++++ INFORMATION SUPPLIED ++++
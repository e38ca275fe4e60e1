ghost use Rattle.pages.specs.Pages.{Written};
ghost use Rattle.std.specs.Fmt.{signed_decimal};
ghost use Rattle.std.specs.Prelude.{◌≡◌, ◌++◌, codes, decimal};
ghost use Rattle.verdicts.specs.declared.verdict.Verdict.TheVariants.{Refused};
ghost use Rattle.verdicts.specs.Verdicts.{place_text, verdict_line, words};

use crate::verdict::{Place, Refusal, Verdict};
use arrayvec::ArrayString;
use itoa::Buffer;
use keeping::InstanceAt;
use pages::{PageFault, put};

// The numbers of a place, each after a blank: room for three.
type Numbers = ArrayString<36>;

/// A verdict as it is printed after the name of its file: room for the words, a number and a place.
pub type Words = ArrayString<64>;

// Two numbers, each after a blank.
fn pair(first: u32, second: u32) -> Numbers
    ensures { result.bytes ≡ codes " " ++ decimal first ++ codes " " ++ decimal second }
{
    let mut numbers = Numbers::new();
    numbers.push_str(" ");
    numbers.push_str(Buffer::new().format(first));
    numbers.push_str(" ");
    numbers.push_str(Buffer::new().format(second));
    numbers
}

// The generation, the row and the column of an instance, each after a blank.
fn triple(at: InstanceAt) -> Numbers
    ensures { result.bytes ≡ codes " " ++ decimal at.t ++ codes " " ++ signed_decimal at.y ++ codes " " ++ signed_decimal at.x }
{
    let mut numbers = Numbers::new();
    numbers.push_str(" ");
    numbers.push_str(Buffer::new().format(at.t));
    numbers.push_str(" ");
    numbers.push_str(Buffer::new().format(at.y));
    numbers.push_str(" ");
    numbers.push_str(Buffer::new().format(at.x));
    numbers
}

// The numbers of a place.
fn numbers_of(place: Place) -> Numbers
    ensures { result.bytes ≡ place_text place }
{
    match place {
        Place::Whole => Numbers::new(),
        Place::Text { line, column } => pair(line, column),
        Place::Instance(at) => triple(at),
        Place::Tie(at) => pair(at.row, at.cell),
    }
}

// The colon, the refusal and the newline.
fn refused(refusal: Refusal) -> Words
    ensures { result.bytes ≡ words (Refused refusal) }
{
    let mut words = Words::new();
    words.push_str(": refused ");
    words.push_str(Buffer::new().format(refusal.number));
    words.push_str(numbers_of(refusal.place).as_str());
    words.push_str("\n");
    words
}

/// The colon, the verdict and the newline, as they follow the name of a file.
pub fn words_of(verdict: Verdict) -> Words
    ensures { result.bytes ≡ words verdict }
{
    match verdict {
        Verdict::Accepted => {
            let mut words = Words::new();
            words.push_str(": accepted\n");
            words
        }
        Verdict::Refused(refusal) => refused(refusal),
    }
}

// Writes the line of a verdict on a file into the page from `at` on, and answers the place after it. Where
// it does not fit, the page is as it was.
pub fn write_verdict(
    page: &mut [u8],
    at: usize,
    file: &[u8],
    verdict: Verdict,
) -> Result<usize, PageFault>
    ensures { Written page.old at (verdict_line file.now verdict) page.new result }
{
    let words = words_of(verdict);
    let words = words.as_str().as_bytes();
    if at > page.len() || page.len() - at < file.len() + words.len() {
        return Err(PageFault::Short);
    }
    let after_file = put(page, at, file);
    Ok(put(page, after_file, words))
}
++++
# TO DO:
Lines that contain "newline" should be pulled from the entries above and reported.

# PROBLEM SOLUTION:
// The colon, the refusal and the newline.
/// The colon, the verdict and the newline, as they follow the name of a file.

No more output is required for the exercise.